By contrast, just days after this country actually had been attacked by Muslim terrorists, here's how President George W. Bush responded at a local mosque in Washington.

(BEGIN VIDEO CLIP)

GEORGE W. BUSH, FORMER PRESIDENT: Women who cover their heads in this country must feel comfortable going outside their homes. Moms who wear cover must not be intimidated in America. That's not the America I know. That's not the America I value.

I've been told that some fear to leave. Some don't want to go shopping for their families. Some don't want to go about their ordinary daily routines because by wearing cover they're afraid they'll be intimidated. That should not and will not stand in America.

Those who feel like they can intimidate our fellow citizens that take out their anger don't represent the best in America, they represent the worst of humankind, and they should be ashamed of that kind of behavior.

(END VIDEO CLIP)

COOPER: It seems like a long time ago that kind of talk. We'll talk about what other presidents, Republican and Democratic, have understood about hate crimes and how this president compares. We'll speak more broadly with experts on the global threat. We'll talk with a man who lost a friend at one of the mosques today and speak to a witness.

First, though, how this terrible morning unfolded in Christchurch, our Randi Kaye has that.

(BEGIN VIDEOTAPE)

RANDI KAYE, CNN CORRESPONDENT (voice-over): One-forty p.m. in New Zealand, in the Al Noor Mosque in the community of Christchurch is under attack in the middle of Friday prayers.

UNIDENTIFIED MALE: Everybody just run toward the back doors to save themselves.

KAYE: The shooting lasts 10 or 15 minutes. At the first mosque --

UNIDENTIFIED MALE: It was just continuously shooting and coming inside slowly because he was killing all the people who are in the entrance.

KAYE: Shortly after 2:00 p.m., schools in the area are on lockdown. Soon after, residents are told to stay indoors.

UNIDENTIFIED MALE: Plus, we hide behind the cars and under the cars and then when we see the firing is still going, we try to jump the fence.

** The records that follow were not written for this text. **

//! Clean-up handlers.
ghost use Rattle.std.specs.Prelude.{◌≡◌, ◌%◌, true};
ghost use Rattle.ckrt_thread.specs.State.{is_live};
ghost use Rattle.ckrt_cancel.specs.Rows.{push_row, pop_row};

use ckrt_thread::{CallResult, EAGAIN, EINVAL, Handler, MAX_HANDLERS, ThreadId, Threads};

/// Gives the thread a clean-up handler more, the newest: a routine by its address, and what it gets in x10
/// (POSIX.1-2017, pthread_cleanup_push). EINVAL where the address is no multiple of 4, then EAGAIN where the thread has
/// 16 handlers; else 0.
pub fn push(threads: &mut Threads, thread: ThreadId, routine: u32, argument: u32) -> CallResult
    requires { is_live threads.old thread ≡ true }
    ensures result { result ≡ (push_row thread routine argument threads.old).result }
    ensures threads { threads.new ≡ (push_row thread routine argument threads.old).threads }
{
    if routine % 4 != 0 {
        return CallResult::Done(EINVAL);
    }
    if threads.handler_count(thread) >= MAX_HANDLERS {
        return CallResult::Done(EAGAIN);
    }
    threads.push_handler(thread, Handler { routine, argument });
    CallResult::Done(0)
}

/// Removes the thread's newest clean-up handler (POSIX.1-2017, pthread_cleanup_pop). EINVAL where it has none. Where
/// `execute` is not 0 the thread goes to the handler's routine, which returns to the address `back`; else 0.
pub fn pop(threads: &mut Threads, thread: ThreadId, execute: u32, back: u32) -> CallResult
    requires { is_live threads.old thread ≡ true }
    ensures result { result ≡ (pop_row thread execute back threads.old).result }
    ensures threads { threads.new ≡ (pop_row thread execute back threads.old).threads }
{
    let Some(handler) = threads.pop_handler(thread) else {
        return CallResult::Done(EINVAL);
    };
    if execute == 0 {
        return CallResult::Done(0);
    }
    threads.enter(thread, handler, back);
    CallResult::Moved
}
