//! Why an event isn't made, as gdb's user is told it.
ghost use Rattle.std.specs.Prelude.{◌≡◌, ◌++◌, OnOk};
ghost use Rattle.ckrt_events.specs.Refusals.{line_fault_text, no_line};
ghost use Rattle.ckrt_gdb_stub.specs.Monitor.{append_fault_text};

use ckrt_events::LineFault;
use ckrt_gdb_history::AppendFault;
use std::alloc::AllocError;

/// The reply of a session that refuses something.
fn push_no(out: &mut Vec<u8>, text: &[u8]) -> Result<(), AllocError>
    ensures { OnOk result (out.new.items ≡ out.old.items ++ no_line text.now) }
{
    out.extend_from_slice(b"no ")?;
    out.extend_from_slice(text)?;
    out.extend_from_slice(b"\n")
}

/// Why a line has no event.
pub fn push_line_fault(out: &mut Vec<u8>, fault: LineFault) -> Result<(), AllocError>
    ensures { OnOk result (out.new.items ≡ out.old.items ++ no_line (line_fault_text fault)) }
{
    push_no(out, fault.text())
}

/// Why an event isn't made.
pub fn push_append_fault(out: &mut Vec<u8>, fault: AppendFault) -> Result<(), AllocError>
    ensures { OnOk result (out.new.items ≡ out.old.items ++ append_fault_text fault) }
{
    match fault {
        AppendFault::NotAtEnd => {
            out.extend_from_slice(b"not at the end of the history: monitor fork ends it here\n")
        }
        AppendFault::NoRoom => out.extend_from_slice(b"no room for another event\n"),
        AppendFault::Refused(refusal) => push_no(out, refusal.text()),
    }
}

KAYE: In all the chaos, desperation and determination to survive.

UNIDENTIFIED MALE: I smashed the window, just jumping and people waiting outside, they run away from the mosque. I say what's going on? They say just run away.

KAYE: The shooter appears to fire randomly, both inside and outside the mosque. Before he leaves he shoots a woman on the sidewalk from a distance and then moves closer to deliver the fatal shot.

UNIDENTIFIED MALE: I was thinking that he must run out of bullets, you know. So what I did was basically waiting for that and praying to God, oh, God, please, now, let this guy run out of bullets.

KAYE: At a second mosque, this man says he saw someone grab the shooter's gun.

UNIDENTIFIED MALE: There was one young guy who usually takes care of mosque and helps in parking and other stuff. So he saw an opportunity and pounced over him and grabbed his gun.

REPORTER: Grabbed the gun from his hands as he was shooting?

UNIDENTIFIED MALE: Grabbed the gun -- yes.

KAYE: Police go into lockdown. Boy the time it's over, 49 people are dead.

Dozens, including children with gunshot wounds, are admitted to Christchurch hospital for treatment. UNIDENTIFIED MALE: Injuries ranging from gunshot wounds to the head

and face, arms, leg and torso and soft tissue injuries.

KAYE: Investigators recover weapons at both locations, plus two improvised explosive devices attached to a vehicle. Police arrest a 28-year-old man now charged with murder. Two others are arrested for suspected weapons possession. None of them had been on any security watch list.

UNIDENTIFIED MALE: We had -- no agency had any information about these people.

KAYE: Long after the shooting is over, some from inside the mosque still aren't answering their phones, leaving loved ones to wonder, are they alive?

[20:10:05] UNIDENTIFIED FEMALE: I tried the mosque and saw police outside, so we've just been waiting here just to see if our son is all right but he's not answering his phone.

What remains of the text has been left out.